L’AQUILA – Autocertificazione per i progettisti, sanzioni per i ritardi e controlli del governo.

Sono queste le tre linee guida ribadite nel corso del vertice che si è svolto a Roma sulla ricostruzione pesante al quale hanno partecipato il sottosegretario alla presidenza del Consiglio dei ministri Gianni Letta, il sindaco dell’Aquila, Massimo Cialente, il commissario per la ricostruzione, Gianni Chiodi, e i vertici della struttura commissariale.

L’obiettivo dell’incontro era quello di individuare meccanismi e norme per velocizzare gli iter per l’approvazione dei progetti per le case gravemente lesionate, quelle classificate “E”.

Vengono confermate, quindi, le indicazioni che erano state date dal vice commissario per la ricostruzione, Antonio Cicchetti, che aveva proposto di far assumere le responsabilità sui progetti presentati direttamente ai tecnici incaricati dai proprietari delle case “E” per snellire il lavoro della filiera Cineas-Fintecna-Reluis, che esamina le pratiche e che procede molto a rilento rispetto alle previsioni.

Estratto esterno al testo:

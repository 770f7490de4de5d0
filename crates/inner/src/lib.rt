//! The encoder of the inner code, for a whole burst.
#![tactic(auto)]

ghost use Rattle.std.specs.Prelude.{ℕ, ◌+◌, ◌*◌, ◌<◌, ◌≤◌, get_or, length, false, ◌≡◌};
ghost use Rattle.inner_code.specs.Inner.{coded as codeword, x as x_output, y as y_output};
ghost use Rattle.inner.specs.Outputs.{bit, kept, offset as offset_of, x_in, y_in};
ghost use Rattle.standard.specs.Profiles.{period as periodic, punctured};
ghost use Rattle.words.specs.Words.{bits, word};

use standard::order::BLOCK_BYTES;
use standard::profile::{Coded, InnerRate};
use words::bit_at;

// X and Y at eight places at once. The window holds their eight input bits and the six before, the newest lowest.
fn window_outputs(window: u16) -> (u8, u8)
    ensures x { (b : ℕ) → b < 8 → bit result.0 b ≡ x_in window b }
    ensures y { (b : ℕ) → b < 8 → bit result.1 b ≡ y_in window b }
{
    let x = window ^ (window >> 1) ^ (window >> 2) ^ (window >> 3) ^ (window >> 6);
    let y = window ^ (window >> 2) ^ (window >> 3) ^ (window >> 5) ^ (window >> 6);
    ((x % 256) as u8, (y % 256) as u8)
}

// X and Y at every place of a burst, as bytes again; not in pairs, since an entry of the puncturing takes one row whole.
// The rows are fixed arrays, since the calls have no heap.
#[derive(Drop)]
struct Outputs {
    xs: [u8; BLOCK_BYTES],
    ys: [u8; BLOCK_BYTES],
}

// Where an entry of the puncturing table finds its bits.
#[derive(Clone, Copy)]
struct Source<'a> {
    outputs: &'a [u8],
    // in each period
    place: usize,
}

impl Outputs {
    fn of(bytes: &[u8]) -> Outputs
        requires { length bytes.now ≤ BLOCK_BYTES }
        ensures x { (k : ℕ) → k < 8 * length bytes.now → bits (word result.xs) k ≡ x_output (bits (word bytes.now)) k }
        ensures y { (k : ℕ) → k < 8 * length bytes.now → bits (word result.ys) k ≡ y_output (bits (word bytes.now)) k }
    {
        let mut xs = [0; BLOCK_BYTES];
        let mut ys = [0; BLOCK_BYTES];
        let mut window: u16 = 0;
        // by index: after a `zip` with `iter_mut` a proof knows no element
        for (i, byte) in bytes.iter().enumerate() {
            window = (window % 64) * 256 + *byte as u16;
            (xs[i], ys[i]) = window_outputs(window);
        }
        Outputs { xs, ys }
    }

    fn source<'a>(&'a self, entry: Coded) -> Source<'a>
        ensures long { length result.outputs.now ≡ BLOCK_BYTES }
        ensures place { result.place ≡ offset_of entry }
        ensures kept { (k : ℕ) → bits (word result.outputs.now) (k + result.place) ≡ kept (bits (word self.now.xs)) (bits (word self.now.ys)) k entry }
    {
        let (outputs, place) = match entry {
            Coded::X1 => (&self.xs, 0),
            Coded::Y1 => (&self.ys, 0),
            Coded::Y2 => (&self.ys, 1),
            Coded::X3 => (&self.xs, 2),
            Coded::Y4 => (&self.ys, 3),
            Coded::X5 => (&self.xs, 4),
        };
        Source { outputs, place }
    }

    // The coded bits of every period: those that the puncturing keeps.
    fn puncture(&self, rate: InnerRate, periods: usize, coded: &mut [bool])
        requires held { periodic rate * periods ≤ 8 * BLOCK_BYTES }
        requires room { (periodic rate + 1) * periods ≤ length coded.old }
        ensures punctured { (q i : ℕ) → q < periods → i ≤ periodic rate → get_or coded.new ((periodic rate + 1) * q + i) false ≡ kept (bits (word self.now.xs)) (bits (word self.now.ys)) (periodic rate * q) (get_or (punctured rate) i Coded.X1) }
        ensures past { (j : ℕ) → (periodic rate + 1) * periods ≤ j → get_or coded.new j false ≡ get_or coded.old j false }
    {
        let period = rate.period();
        for (index, entry) in rate.puncturing().iter().enumerate() {
            self.source(*entry).spread(index, period, periods, coded);
        }
    }
}

impl Source<'_> {
    // One coded bit of every period: the source's bit is bit `index` of its coded bits.
    #[tactic(auto, using(crate::proofs::Periods::among))]
    fn spread(self, index: usize, period: usize, periods: usize, coded: &mut [bool])
        requires input { self.place < period }
        requires output { index ≤ period }
        requires held { period * periods ≤ 8 * length self.outputs.now }
        requires room { (period + 1) * periods ≤ length coded.old }
        ensures spread { (q : ℕ) → q < periods → get_or coded.new ((period + 1) * q + index) false ≡ bits (word self.entry.outputs.now) (period * q + self.entry.place) }
        ensures rest { (j : ℕ) → ((q : ℕ) → q < periods → j ≡ (period + 1) * q + index → ⊥) → get_or coded.new j false ≡ get_or coded.old j false }
    {
        // by number: it goes in strides of two lengths, the period and one more
        for q in 0..periods {
            coded[(period + 1) * q + index] = bit_at(self.outputs, period * q + self.place);
        }
    }
}

// The coded bits of the bytes, which are whole periods. What stands past them is left as it is. The caller gives the periods,
// of which the contract speaks: here they would be the length divided again by the rate.
pub fn encode(rate: InnerRate, bytes: &[u8], periods: usize, coded: &mut [bool])
    requires short { length bytes.now ≤ 960 }
    requires whole { 8 * length bytes.now ≡ periodic rate * periods }
    requires room { (periodic rate + 1) * periods ≤ length coded.old }
    ensures encoded { (j : ℕ) → j < (periodic rate + 1) * periods → get_or coded.new j false ≡ codeword (periodic rate) (bits (word bytes.now)) j }
    ensures past { (j : ℕ) → (periodic rate + 1) * periods ≤ j → get_or coded.new j false ≡ get_or coded.old j false }
{
    Outputs::of(bytes).puncture(rate, periods, coded);
}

Previste anche sanzioni per i cantieri che andranno oltre i tempi previsti, si ipotizza anche la perdita dei diritti all’assistenza, quali il contributo di autonoma sistemazione, gli affitti concordati o l’assegnazione di alloggi del progetto C.a.s.e. e dei Map.

I controlli, che attualmente vanno fatti a campione a lavori iniziati, potranno essere effettuati anche a chiusura dei cantieri.

Le decisioni verrano formalizzate in una nuova ordinanza del presidente del Consiglio dei ministri.